Monday, March 21, 2011

Ladd School Babies (The Exeter School and What It Was)

Many children became wards of the State, and by no fault of their own. Their parents were "known" to the agencies on the Confidential Exchange; they were alcoholics, drifters, unfaithful wives, or prostitutes, or dead or mad from syphilis. The children were neglected, undernourished, and sometimes found completely abandoned in filthy hovels or begging on the street. They didn't attend school, and so they could not read, or write, or count. Some children, first generation Americans, couldn't speak English. Later, when they were bathed at the institution, their hair was full of nits; some of them, their bodies were laced with scars.



Usually a neighbor or a school teacher concerned about a particular child who appeared to be dirty or slow would call the police, and somehow the Society for the Prevention of Cruelty to Children (SPCC) got involved. Some families had nine or ten children, and the family would be broken up. Some of the kids ended up at the State Home and School, Rhode Island's State orphanage; others would be sent more or less directly to Exeter School. In fact it was not uncommon at all for children at the State Home and School to eventually wind up at Exeter, should they reach a certain age without having been adopted.

The abusive or negligent parents who attracted the attention of the agencies were sometimes arrested by the police and brought before a court, whereby some were adjudged criminal and sentenced to the State prison, others were adjudged insane and committed to the State Hospital for Mental Diseases, and yet others were adjudged feeble-minded and committed to Exeter School. A court commitment to the insane asylum or the State school was, unlike a prison sentence, indefinite; and so it was not unheard of for mother and child to be reunited, someday, at the institution.

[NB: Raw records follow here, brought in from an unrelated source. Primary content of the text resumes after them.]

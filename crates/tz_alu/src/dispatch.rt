//! The choice of the form by the instruction.

ghost use Rattle.std.specs.Prelude.{◌≡◌};
ghost use Rattle.tz_sem.specs.Alu.{finish_alu};
ghost use Rattle.tz_alu.specs.Part.{part, left};

use crate::data::{add_wide, shift_by_register, with_constant, with_register};
use crate::multiplies::{divide_registers, multiply_long_registers, multiply_registers};
use crate::values::{
    extend_register, give_address, move_wide, reverse_register, saturate_register, take_field,
};
use tz_model::{Fault, Insn, Outcome, Side};
use tz_regs::{Registers, Stacks};

/// Runs an instruction of code of a side with this CCR. It is compiled into the step, where its parts are registers.
#[inline(always)]
pub(crate) fn run(
    insn: &Insn,
    side: Side,
    ccr: u32,
    registers: &mut Registers,
    own: &mut Stacks,
) -> Result<Outcome, Fault>
    ensures { left side ccr registers.old own.old (finish_alu insn.now) ≡ (part side ccr registers.new own.new, result) }
{
    match *insn {
        Insn::DataImm {
            op,
            flags,
            rd,
            rn,
            imm12,
        } => with_constant(side, registers, own, op, flags, rd, rn, imm12),
        Insn::DataReg {
            op,
            flags,
            rd,
            rn,
            rm,
            shift,
            amount,
        } => with_register(side, registers, own, op, flags, rd, rn, rm, shift, amount),
        Insn::ShiftReg {
            kind,
            flags,
            rd,
            rn,
            rm,
        } => shift_by_register(side, registers, own, kind, flags, rd, rn, rm),
        Insn::AddWide { sub, rd, rn, imm } => add_wide(side, registers, own, sub, rd, rn, imm),
        Insn::Adr { rd, offset } => give_address(registers, own, rd, offset),
        Insn::MovWide { top, rd, imm } => move_wide(registers, own, top, rd, imm),
        Insn::Saturate {
            signed,
            rd,
            rn,
            bits,
            asr,
            amount,
        } => saturate_register(registers, own, signed, rd, rn, bits, asr, amount),
        Insn::BitField {
            op,
            rd,
            rn,
            low,
            width,
        } => take_field(registers, own, op, rd, rn, low, width),
        Insn::Extend { op, rd, rm, rotate } => extend_register(registers, own, op, rd, rm, rotate),
        Insn::Reverse { op, rd, rm } => reverse_register(registers, own, op, rd, rm),
        Insn::Multiply {
            op,
            flags,
            rd,
            rn,
            rm,
            ra,
        } => multiply_registers(registers, own, op, flags, rd, rn, rm, ra),
        Insn::MultiplyLong { op, lo, hi, rn, rm } => multiply_long_registers(
            registers, own, op, lo, hi, rn, rm,
        ),
        Insn::Divide { signed, rd, rn, rm } => divide_registers(
            ccr, registers, own, signed, rd, rn, rm,
        ),
        _ => Err(Fault::Undef),
    }
}
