//! Instructions that make a value of registers and constants: addresses, halfwords, saturation, bit fields,
//! extensions and reversals.

ghost use Rattle.std.specs.Prelude.{◌≡◌, ℕ, IsTrue};
ghost use Rattle.tz_table.specs.declared.units.Side.{Side};
ghost use Rattle.tz_sem.specs.Alu.{is_width as has_width, is_field as has_field, finish_adr, finish_move_wide, finish_saturate, finish_bit_field, finish_extend, finish_reverse};
ghost use Rattle.tz_alu.specs.Part.{part, left};

use crate::data::shift;
use crate::operations::{extend, field_of, reverse, saturate};
use crate::results::put;
use tz_model::{ExtendOp, Fault, FieldOp, Outcome, ReverseOp, Shift};
use tz_regs::{Registers, Stacks};

/// An address relative to PC, which is aligned to a word.
pub(crate) fn give_address(
    registers: &mut Registers,
    own: &mut Stacks,
    rd: u8,
    offset: i32,
) -> Result<Outcome, Fault>
    ensures { (side : Side) (ccr : ℕ) → left side ccr registers.old own.old (finish_adr rd offset) ≡ (part side ccr registers.new own.new, result) }
{
    let base = registers.pc.wrapping_add(4) / 4 * 4;
    put(
        registers,
        own,
        rd,
        base.wrapping_add(offset.cast_unsigned()),
    );
    Ok(Outcome::Next)
}

/// A halfword as the value, or as its top halfword alone.
pub(crate) fn move_wide(
    registers: &mut Registers,
    own: &mut Stacks,
    top: bool,
    rd: u8,
    imm: u16,
) -> Result<Outcome, Fault>
    ensures { (side : Side) (ccr : ℕ) → left side ccr registers.old own.old (finish_move_wide top rd imm) ≡ (part side ccr registers.new own.new, result) }
{
    let value = if top {
        u32::from(imm) * 0x1_0000 + registers.reg(own, rd) % 0x1_0000
    } else {
        u32::from(imm)
    };
    put(registers, own, rd, value);
    Ok(Outcome::Next)
}

/// Whether a saturation to this width has a code.
fn is_width(signed: bool, bits: u8) -> bool
    ensures { result ≡ has_width signed bits }
{
    if signed {
        bits != 0 && bits <= 32
    } else {
        bits < 32
    }
}

/// A shifted register held within a width. Q tells that this changed it, and stays set.
pub(crate) fn saturate_register(
    registers: &mut Registers,
    own: &mut Stacks,
    signed: bool,
    rd: u8,
    rn: u8,
    bits: u8,
    asr: bool,
    amount: u8,
) -> Result<Outcome, Fault>
    ensures { (side : Side) (ccr : ℕ) → left side ccr registers.old own.old (finish_saturate signed rd rn bits asr amount) ≡ (part side ccr registers.new own.new, result) }
{
    if is_width(signed, bits) {
        let kind = if asr { Shift::Asr } else { Shift::Lsl };
        let value = shift(registers.reg(own, rn), kind, amount, registers.apsr.c).0;
        let (held, is_other) = saturate(signed, value, u32::from(bits));
        registers.apsr.q = registers.apsr.q || is_other;
        put(registers, own, rd, held);
        Ok(Outcome::Next)
    } else {
        Err(Fault::Undef)
    }
}

/// Whether a field is in a word.
fn is_field(low: u8, width: u8) -> bool
    ensures { result ≡ has_field low width }
{
    width != 0 && u32::from(low) + u32::from(width) <= 32
}

/// A bit field taken out of a register or put into one.
pub(crate) fn take_field(
    registers: &mut Registers,
    own: &mut Stacks,
    op: FieldOp,
    rd: u8,
    rn: u8,
    low: u8,
    width: u8,
) -> Result<Outcome, Fault>
    ensures { (side : Side) (ccr : ℕ) → left side ccr registers.old own.old (finish_bit_field op rd rn low width) ≡ (part side ccr registers.new own.new, result) }
{
    if is_field(low, width) {
        let old = registers.reg(own, rd);
        let source = registers.reg(own, rn);
        let value = field_of(op, old, source, u32::from(low), u32::from(width));
        put(registers, own, rd, value);
        Ok(Outcome::Next)
    } else {
        Err(Fault::Undef)
    }
}

/// A halfword or byte of a rotated register, extended.
pub(crate) fn extend_register(
    registers: &mut Registers,
    own: &mut Stacks,
    op: ExtendOp,
    rd: u8,
    rm: u8,
    rotate: u8,
) -> Result<Outcome, Fault>
    ensures { (side : Side) (ccr : ℕ) → left side ccr registers.old own.old (finish_extend op rd rm rotate) ≡ (part side ccr registers.new own.new, result) }
{
    let value = extend(op, registers.reg(own, rm), u32::from(rotate));
    put(registers, own, rd, value);
    Ok(Outcome::Next)
}

/// The bytes or bits of a register turned round, or the count of its leading zeros.
pub(crate) fn reverse_register(
    registers: &mut Registers,
    own: &mut Stacks,
    op: ReverseOp,
    rd: u8,
    rm: u8,
) -> Result<Outcome, Fault>
    ensures { (side : Side) (ccr : ℕ) → left side ccr registers.old own.old (finish_reverse op rd rm) ≡ (part side ccr registers.new own.new, result) }
{
    let value = reverse(op, registers.reg(own, rm));
    put(registers, own, rd, value);
    Ok(Outcome::Next)
}
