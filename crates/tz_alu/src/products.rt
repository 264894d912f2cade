//! Products and quotients.

ghost use Rattle.std.specs.Prelude.{◌≡◌, ◌+◌, ◌*◌, ◌^◌, ◌<◌, ◌*ℤ◌, true};
ghost use Rattle.tz_sem.specs.Operations.{signed_value, low_bits, multiplied, long_product, multiplied_long, quotient, divided};

use tz_model::{LongOp, MultiplyOp};

/// The low word of a product, with or without the addend `a`.
pub(crate) fn multiply(op: MultiplyOp, x: u32, y: u32, a: u32) -> u32
    ensures { result ≡ multiplied op x y a }
{
    let product = x.wrapping_mul(y);
    match op {
        MultiplyOp::Mul => product,
        MultiplyOp::Mla => a.wrapping_add(product),
        MultiplyOp::Mls => a.wrapping_sub(product),
    }
}

/// `SInt(x) * SInt(y)`, for which 64 bits are enough.
fn signed_product(x: u32, y: u32) -> i64
    ensures { result ≡ signed_value x *ℤ signed_value y }
{
    i64::from(x.cast_signed()) * i64::from(y.cast_signed())
}

/// `hi:lo`.
fn joined(lo: u32, hi: u32) -> u64
    ensures { result ≡ hi * 2 ^ 32 + lo }
{
    u64::from(hi) * 0x1_0000_0000 + u64::from(lo)
}

/// The low 64 bits of a product, with or without the addend `hi:lo`.
fn product_bits(op: LongOp, x: u32, y: u32, lo: u32, hi: u32) -> u64
    ensures { result ≡ low_bits (long_product op x y lo hi) 64 }
{
    match op {
        LongOp::Smull => signed_product(x, y).cast_unsigned(),
        LongOp::Umull => u64::from(x) * u64::from(y),
        LongOp::Smlal => signed_product(x, y)
            .wrapping_add(joined(lo, hi).cast_signed())
            .cast_unsigned(),
        LongOp::Umlal => (u64::from(x) * u64::from(y)).wrapping_add(joined(lo, hi)),
    }
}

/// The low and the high word of a product, with or without the addend `hi:lo`.
pub(crate) fn multiply_long(op: LongOp, x: u32, y: u32, lo: u32, hi: u32) -> (u32, u32)
    ensures { result ≡ multiplied_long op x y lo hi }
{
    let product = product_bits(op, x, y, lo, hi);
    ((product & 0xffff_ffff) as u32, (product >> 32) as u32)
}

/// The signed quotient rounded towards zero, as a word: the least number by -1 is itself.
fn signed_quotient(x: u32, y: u32) -> u32
    requires { 0 < y }
    ensures { result ≡ quotient true x y }
{
    x.cast_signed()
        .wrapping_div(y.cast_signed())
        .cast_unsigned()
}

/// The quotient rounded towards zero, or 0 where `y` is 0.
pub(crate) fn divide(signed: bool, x: u32, y: u32) -> u32
    ensures { result ≡ divided signed x y }
{
    if y == 0 {
        0
    } else if signed {
        signed_quotient(x, y)
    } else {
        x / y
    }
}
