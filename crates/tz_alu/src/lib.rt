//! Data processing: what its instructions make of the registers, the flags and the stack pointer (DDI0553,
//! chapter C2).
//!
//! `execute` is proved to do what `tz_sem`'s `specs/Alu.antt` says. Each form works on the registers and on
//! the stacks of the side that runs it, and sees nothing else of the core. The operations on words stand
//! apart, and know no register.
#![tactic(auto)]

ghost use Rattle.std.specs.Prelude.{◌≡◌};
ghost use Rattle.tz_sem.specs.Local.{local_of, finished_in};
ghost use Rattle.tz_sem.specs.Alu.{finish_alu};

mod data;
mod dispatch;
mod multiplies;
mod operations;
mod products;
mod results;
mod values;

use crate::dispatch::run;
use tz_model::{Fault, Insn, Outcome, Side};
use tz_regs::Core;

/// Runs a data processing instruction (DDI0553, chapter C2).
///
/// Faults: `StackLimit` exactly where a sum would take SP below its limit, and `DivZero` exactly where a
/// divisor is 0 and CCR.DIV_0_TRP is set. An instruction of another family, and a width or a field that no
/// code has, gives `Undef`. A fault leaves the core as it was.
pub fn execute(insn: &Insn, core: &mut Core) -> Result<Outcome, Fault>
    ensures { finished_in core.old (finish_alu insn.now (local_of core.old)) ≡ (core.new, result) }
{
    match core.run.side {
        Side::Secure => run(
            insn,
            Side::Secure,
            core.status.s.ccr,
            &mut core.registers,
            &mut core.stacks_s,
        ),
        Side::NonSecure => run(
            insn,
            Side::NonSecure,
            core.status.ns.ccr,
            &mut core.registers,
            &mut core.stacks_ns,
        ),
    }
}
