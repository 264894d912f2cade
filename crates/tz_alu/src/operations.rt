//! Logical operations and sums, saturation, bit fields, extensions and reversals.

ghost use Rattle.std.specs.Prelude.{◌≡◌, ◌+◌, ◌≤◌, true, false};
ghost use Rattle.tz_sem.specs.Operations.{inverse_of, logical as logical_of, added, computed, saturated, field_placed, field_result, extended, reversed};

use tz_bits::{add_with_carry, bit_field, shift_c, sign_extend};
use tz_model::{DataOp, ExtendOp, FieldOp, ReverseOp, Shift};
use tz_sem::Computed;

/// `NOT(word)`.
fn inverse(word: u32) -> u32
    ensures { result ≡ inverse_of word }
{
    u32::MAX - word
}

/// A logical operation's value, with C from the shifter and V as it was.
fn logical(value: u32, carry: bool, overflow: bool) -> Computed
    ensures { result ≡ logical_of value carry overflow }
{
    Computed {
        value,
        carry,
        overflow,
    }
}

/// `AddWithCarry(x, y, carry)`.
fn add(x: u32, y: u32, carry: bool) -> Computed
    ensures { result ≡ added x y carry }
{
    let (value, carry, overflow) = add_with_carry(x, y, carry);
    Computed {
        value,
        carry,
        overflow,
    }
}

/// A data operation on the first operand and the second, which is shifted or expanded already and left
/// `shifter_carry`; `carry` and `overflow` are the flags C and V before.
pub(crate) fn compute(
    op: DataOp,
    x: u32,
    y: u32,
    shifter_carry: bool,
    carry: bool,
    overflow: bool,
) -> Computed
    ensures { result ≡ computed op x y shifter_carry carry overflow }
{
    match op {
        DataOp::And | DataOp::Tst => logical(x & y, shifter_carry, overflow),
        DataOp::Bic => logical(x & inverse(y), shifter_carry, overflow),
        DataOp::Orr => logical(x | y, shifter_carry, overflow),
        DataOp::Orn => logical(x | inverse(y), shifter_carry, overflow),
        DataOp::Eor | DataOp::Teq => logical(x ^ y, shifter_carry, overflow),
        DataOp::Mov => logical(y, shifter_carry, overflow),
        DataOp::Mvn => logical(inverse(y), shifter_carry, overflow),
        DataOp::Add | DataOp::Cmn => add(x, y, false),
        DataOp::Adc => add(x, y, carry),
        DataOp::Sbc => add(x, inverse(y), carry),
        DataOp::Sub | DataOp::Cmp => add(x, inverse(y), true),
        DataOp::Rsb => add(inverse(x), y, true),
    }
}

/// `old` with its bits from `low` on, `width` of them, replaced by the low bits of `field`.
#[tactic(auto, using(crate::proofs::Places::places))]
pub(crate) fn place_field(old: u32, field: u32, low: u32, width: u32) -> u32
    requires some { 1 ≤ width }
    requires inside { low + width ≤ 32 }
    ensures { result ≡ field_placed old field low width }
{
    let above = old - bit_field(old, 0, low + width);
    let within = bit_field(field, 0, width) << low;
    above + within + bit_field(old, 0, low)
}

/// The result of a bit field operation.
pub(crate) fn field_of(op: FieldOp, old: u32, source: u32, low: u32, width: u32) -> u32
    requires some { 1 ≤ width }
    requires inside { low + width ≤ 32 }
    ensures { result ≡ field_result op old source low width }
{
    match op {
        FieldOp::Sbfx => sign_extend(bit_field(source, low, width), width),
        FieldOp::Ubfx => bit_field(source, low, width),
        FieldOp::Bfi => place_field(old, source, low, width),
        FieldOp::Bfc => place_field(old, 0, low, width),
    }
}

/// The low halfword or byte of `ROR(value, rotate)`, extended to a word.
pub(crate) fn extend(op: ExtendOp, value: u32, rotate: u32) -> u32
    ensures { result ≡ extended op value rotate }
{
    let rotated = shift_c(value, Shift::Ror, rotate, false).0;
    match op {
        ExtendOp::Sxth => sign_extend(rotated, 16),
        ExtendOp::Sxtb => sign_extend(rotated, 8),
        ExtendOp::Uxth => bit_field(rotated, 0, 16),
        ExtendOp::Uxtb => bit_field(rotated, 0, 8),
    }
}

/// The bytes or bits of a word turned round, or the count of its leading zeros.
pub(crate) fn reverse(op: ReverseOp, value: u32) -> u32
    ensures { result ≡ reversed op value }
{
    match op {
        ReverseOp::Rev => value.swap_bytes(),
        ReverseOp::Rev16 => {
            let high = bit_field(value, 16, 16) as u16;
            let low = bit_field(value, 0, 16) as u16;
            u32::from(high.swap_bytes()) * 0x1_0000 + u32::from(low.swap_bytes())
        }
        ReverseOp::Rbit => value.reverse_bits(),
        ReverseOp::Revsh => {
            let low = bit_field(value, 0, 16) as u16;
            sign_extend(u32::from(low.swap_bytes()), 16)
        }
        ReverseOp::Clz => value.leading_zeros(),
    }
}

/// `SignedSatQ` of a word's signed number, to `bits` bits, as a word.
fn saturate_signed(value: u32, bits: u32) -> (u32, bool)
    requires some { 1 ≤ bits }
    requires inside { bits ≤ 32 }
    ensures { result ≡ saturated true value bits }
{
    let highest = (1 << (bits - 1)) - 1;
    if value < 0x8000_0000 {
        (value.min(highest), highest < value)
    } else {
        (value.max(u32::MAX - highest), value < u32::MAX - highest)
    }
}

/// `UnsignedSatQ` of a word's signed number, to `bits` bits.
fn saturate_unsigned(value: u32, bits: u32) -> (u32, bool)
    requires { bits ≤ 31 }
    ensures { result ≡ saturated false value bits }
{
    let highest = (1 << bits) - 1;
    if value < 0x8000_0000 {
        (value.min(highest), highest < value)
    } else {
        (0, true)
    }
}

/// `SignedSatQ` or `UnsignedSatQ` of a word's signed number: the nearest number of `bits` bits as a
/// word, and whether it is another number.
pub(crate) fn saturate(signed: bool, value: u32, bits: u32) -> (u32, bool)
    requires of_signed { signed ≡ true → (1 ≤ bits) × (bits ≤ 32) }
    requires of_unsigned { signed ≡ false → bits ≤ 31 }
    ensures { result ≡ saturated signed value bits }
{
    if signed {
        saturate_signed(value, bits)
    } else {
        saturate_unsigned(value, bits)
    }
}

Catherine was perhaps the most notable of these mothers. Her son, born while she was an inmate of Exeter School, would someday himself be committed to the institution where he would become its most infamous inmate - by killing a child. Though long forgotten, the death of this child was clearly the catalyst behind Dr. Ladd's sudden retirement, and so it ended an era in Rhode Island State history. In two years, the institution was renamed The Ladd School, and by the end of century, nobody would remember The Exeter School or what it was.